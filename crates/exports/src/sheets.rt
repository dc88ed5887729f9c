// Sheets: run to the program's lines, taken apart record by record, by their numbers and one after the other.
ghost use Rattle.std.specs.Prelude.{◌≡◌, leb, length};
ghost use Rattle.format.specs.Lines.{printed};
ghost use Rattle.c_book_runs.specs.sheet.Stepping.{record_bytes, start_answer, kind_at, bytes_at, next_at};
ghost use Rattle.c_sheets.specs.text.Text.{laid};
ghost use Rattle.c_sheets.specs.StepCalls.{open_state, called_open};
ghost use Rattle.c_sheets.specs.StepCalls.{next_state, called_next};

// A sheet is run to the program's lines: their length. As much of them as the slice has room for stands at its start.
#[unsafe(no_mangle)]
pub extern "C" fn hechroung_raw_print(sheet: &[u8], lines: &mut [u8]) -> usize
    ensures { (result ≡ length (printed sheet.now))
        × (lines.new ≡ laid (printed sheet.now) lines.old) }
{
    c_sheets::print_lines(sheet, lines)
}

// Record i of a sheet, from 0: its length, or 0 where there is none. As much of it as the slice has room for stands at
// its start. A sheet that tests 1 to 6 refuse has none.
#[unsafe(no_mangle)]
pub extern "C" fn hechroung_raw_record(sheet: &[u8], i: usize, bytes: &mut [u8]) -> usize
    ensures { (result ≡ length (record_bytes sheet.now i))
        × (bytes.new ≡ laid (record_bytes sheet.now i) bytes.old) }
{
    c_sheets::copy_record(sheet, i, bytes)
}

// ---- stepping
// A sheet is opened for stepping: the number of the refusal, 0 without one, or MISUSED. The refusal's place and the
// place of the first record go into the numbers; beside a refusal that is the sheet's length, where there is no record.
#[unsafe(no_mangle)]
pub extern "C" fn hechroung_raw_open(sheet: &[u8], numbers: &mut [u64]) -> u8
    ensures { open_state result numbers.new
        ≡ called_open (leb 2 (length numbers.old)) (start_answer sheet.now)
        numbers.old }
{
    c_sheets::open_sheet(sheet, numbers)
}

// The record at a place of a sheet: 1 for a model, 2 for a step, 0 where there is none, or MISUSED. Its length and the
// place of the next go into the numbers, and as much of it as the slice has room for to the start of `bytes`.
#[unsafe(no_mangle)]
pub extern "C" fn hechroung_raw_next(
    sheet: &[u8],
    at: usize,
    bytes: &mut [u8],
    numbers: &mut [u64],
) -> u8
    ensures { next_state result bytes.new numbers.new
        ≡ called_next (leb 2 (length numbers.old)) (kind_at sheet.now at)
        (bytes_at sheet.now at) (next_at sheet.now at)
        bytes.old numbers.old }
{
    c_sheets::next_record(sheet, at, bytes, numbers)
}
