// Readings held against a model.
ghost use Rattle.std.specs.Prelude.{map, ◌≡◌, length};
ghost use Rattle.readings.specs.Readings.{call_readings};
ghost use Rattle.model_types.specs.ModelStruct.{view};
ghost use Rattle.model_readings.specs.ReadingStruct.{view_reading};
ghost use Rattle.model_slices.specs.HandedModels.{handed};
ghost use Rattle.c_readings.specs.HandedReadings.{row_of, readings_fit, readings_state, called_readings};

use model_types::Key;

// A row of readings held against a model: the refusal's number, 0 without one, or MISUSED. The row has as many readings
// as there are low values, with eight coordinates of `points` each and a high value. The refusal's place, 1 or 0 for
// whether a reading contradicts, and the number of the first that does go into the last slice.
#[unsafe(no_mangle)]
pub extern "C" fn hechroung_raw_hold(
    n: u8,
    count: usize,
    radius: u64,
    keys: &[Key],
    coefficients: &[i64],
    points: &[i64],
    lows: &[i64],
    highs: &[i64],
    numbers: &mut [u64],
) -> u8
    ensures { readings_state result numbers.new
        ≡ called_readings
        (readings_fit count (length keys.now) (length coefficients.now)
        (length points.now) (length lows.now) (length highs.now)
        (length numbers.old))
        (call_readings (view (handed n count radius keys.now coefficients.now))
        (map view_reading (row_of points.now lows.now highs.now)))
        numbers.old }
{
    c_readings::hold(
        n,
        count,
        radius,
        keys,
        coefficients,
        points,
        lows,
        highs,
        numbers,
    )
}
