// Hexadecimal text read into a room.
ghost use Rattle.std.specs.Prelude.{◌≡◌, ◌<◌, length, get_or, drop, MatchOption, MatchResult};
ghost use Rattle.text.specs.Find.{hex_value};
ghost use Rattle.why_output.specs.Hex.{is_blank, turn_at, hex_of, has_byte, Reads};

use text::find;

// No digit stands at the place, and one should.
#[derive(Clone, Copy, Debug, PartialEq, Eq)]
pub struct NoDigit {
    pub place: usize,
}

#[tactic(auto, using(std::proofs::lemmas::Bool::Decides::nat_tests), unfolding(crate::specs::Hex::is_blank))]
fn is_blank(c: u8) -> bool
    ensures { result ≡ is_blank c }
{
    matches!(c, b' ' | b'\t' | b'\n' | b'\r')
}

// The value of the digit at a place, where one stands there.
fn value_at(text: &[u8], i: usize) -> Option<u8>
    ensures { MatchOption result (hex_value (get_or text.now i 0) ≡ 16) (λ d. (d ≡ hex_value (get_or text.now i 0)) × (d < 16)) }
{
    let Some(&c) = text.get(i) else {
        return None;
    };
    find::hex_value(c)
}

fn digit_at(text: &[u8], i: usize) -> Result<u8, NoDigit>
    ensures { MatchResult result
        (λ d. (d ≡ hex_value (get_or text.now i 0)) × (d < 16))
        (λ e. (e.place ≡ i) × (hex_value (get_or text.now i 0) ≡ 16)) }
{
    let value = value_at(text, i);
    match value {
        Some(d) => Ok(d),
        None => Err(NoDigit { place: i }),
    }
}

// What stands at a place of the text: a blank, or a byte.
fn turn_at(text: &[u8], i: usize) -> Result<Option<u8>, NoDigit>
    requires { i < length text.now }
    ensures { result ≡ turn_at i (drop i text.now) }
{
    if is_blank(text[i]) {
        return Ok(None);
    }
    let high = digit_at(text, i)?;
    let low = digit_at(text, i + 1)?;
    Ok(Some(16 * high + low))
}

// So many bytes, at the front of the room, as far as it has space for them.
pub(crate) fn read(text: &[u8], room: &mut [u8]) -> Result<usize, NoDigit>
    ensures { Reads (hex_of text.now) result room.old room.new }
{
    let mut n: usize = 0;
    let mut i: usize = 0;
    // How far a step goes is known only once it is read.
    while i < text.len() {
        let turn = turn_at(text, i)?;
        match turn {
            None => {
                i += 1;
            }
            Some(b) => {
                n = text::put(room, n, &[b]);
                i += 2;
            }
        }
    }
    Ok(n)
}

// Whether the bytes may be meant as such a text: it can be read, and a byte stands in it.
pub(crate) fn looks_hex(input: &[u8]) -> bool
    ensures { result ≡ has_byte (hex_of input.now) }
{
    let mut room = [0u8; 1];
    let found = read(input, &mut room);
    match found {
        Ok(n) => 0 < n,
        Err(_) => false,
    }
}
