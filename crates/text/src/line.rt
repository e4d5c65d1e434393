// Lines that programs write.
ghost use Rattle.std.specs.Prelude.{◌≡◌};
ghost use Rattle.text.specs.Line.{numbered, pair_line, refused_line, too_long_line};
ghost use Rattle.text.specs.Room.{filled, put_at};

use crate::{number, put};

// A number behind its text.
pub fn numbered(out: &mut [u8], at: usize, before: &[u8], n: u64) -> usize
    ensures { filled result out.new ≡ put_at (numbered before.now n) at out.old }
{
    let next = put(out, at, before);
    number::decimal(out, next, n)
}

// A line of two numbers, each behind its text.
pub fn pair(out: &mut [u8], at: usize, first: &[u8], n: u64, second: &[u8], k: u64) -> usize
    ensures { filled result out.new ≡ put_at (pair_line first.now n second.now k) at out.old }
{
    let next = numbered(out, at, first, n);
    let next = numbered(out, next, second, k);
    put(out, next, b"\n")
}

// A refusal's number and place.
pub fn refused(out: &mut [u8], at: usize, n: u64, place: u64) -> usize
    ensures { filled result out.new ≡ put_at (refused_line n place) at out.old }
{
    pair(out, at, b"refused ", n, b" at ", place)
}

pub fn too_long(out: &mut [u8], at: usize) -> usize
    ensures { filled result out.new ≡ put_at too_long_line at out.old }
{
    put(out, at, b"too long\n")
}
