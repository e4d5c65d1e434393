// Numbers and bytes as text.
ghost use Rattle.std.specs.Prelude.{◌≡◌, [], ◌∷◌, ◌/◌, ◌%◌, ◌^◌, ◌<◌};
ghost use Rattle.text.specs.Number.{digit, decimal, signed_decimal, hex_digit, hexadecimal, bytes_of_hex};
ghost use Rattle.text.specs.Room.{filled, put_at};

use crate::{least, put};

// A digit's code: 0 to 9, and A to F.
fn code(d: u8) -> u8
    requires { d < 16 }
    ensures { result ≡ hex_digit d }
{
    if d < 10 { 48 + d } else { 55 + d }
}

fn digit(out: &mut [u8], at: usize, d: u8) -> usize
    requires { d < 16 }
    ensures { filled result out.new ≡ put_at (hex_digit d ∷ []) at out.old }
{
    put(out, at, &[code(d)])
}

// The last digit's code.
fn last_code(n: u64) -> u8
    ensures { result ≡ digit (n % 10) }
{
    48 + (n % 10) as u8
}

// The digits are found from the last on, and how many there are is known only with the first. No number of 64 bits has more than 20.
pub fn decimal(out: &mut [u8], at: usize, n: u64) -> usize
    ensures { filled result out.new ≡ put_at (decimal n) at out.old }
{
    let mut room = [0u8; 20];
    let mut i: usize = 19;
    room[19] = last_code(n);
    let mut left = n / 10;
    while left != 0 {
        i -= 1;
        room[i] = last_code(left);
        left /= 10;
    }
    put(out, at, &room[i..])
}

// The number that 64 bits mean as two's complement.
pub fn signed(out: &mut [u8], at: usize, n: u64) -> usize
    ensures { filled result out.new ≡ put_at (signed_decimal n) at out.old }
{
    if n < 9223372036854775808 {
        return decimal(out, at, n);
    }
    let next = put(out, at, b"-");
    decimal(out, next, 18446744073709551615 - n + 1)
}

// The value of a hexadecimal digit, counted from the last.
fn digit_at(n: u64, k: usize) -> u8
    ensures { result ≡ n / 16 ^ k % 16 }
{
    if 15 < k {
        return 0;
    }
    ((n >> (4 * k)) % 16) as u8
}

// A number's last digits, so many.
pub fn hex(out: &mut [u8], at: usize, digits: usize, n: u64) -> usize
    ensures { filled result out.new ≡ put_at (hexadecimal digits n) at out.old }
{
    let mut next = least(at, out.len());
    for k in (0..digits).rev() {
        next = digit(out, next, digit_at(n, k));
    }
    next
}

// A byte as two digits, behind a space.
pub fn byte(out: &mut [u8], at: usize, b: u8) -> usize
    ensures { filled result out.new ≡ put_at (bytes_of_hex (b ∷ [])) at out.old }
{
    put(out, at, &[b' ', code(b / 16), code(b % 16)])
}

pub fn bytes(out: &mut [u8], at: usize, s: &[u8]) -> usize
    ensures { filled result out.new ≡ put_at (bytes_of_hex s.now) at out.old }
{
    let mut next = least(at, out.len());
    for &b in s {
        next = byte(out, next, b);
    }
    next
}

# Task goal
Word for word, restate the lines of the data above that fall between the line holding "(record_bytes sheet.now i))" and the line holding "[u64]) -> u8", inclusive, and no other lines.

# Task solution
    ensures { (result ≡ length (record_bytes sheet.now i))
        × (bytes.new ≡ laid (record_bytes sheet.now i) bytes.old) }
{
    c_sheets::copy_record(sheet, i, bytes)
}

// ---- stepping
// A sheet is opened for stepping: the number of the refusal, 0 without one, or MISUSED. The refusal's place and the
// place of the first record go into the numbers; beside a refusal that is the sheet's length, where there is no record.
#[unsafe(no_mangle)]
pub extern "C" fn hechroung_raw_open(sheet: &[u8], numbers: &mut [u64]) -> u8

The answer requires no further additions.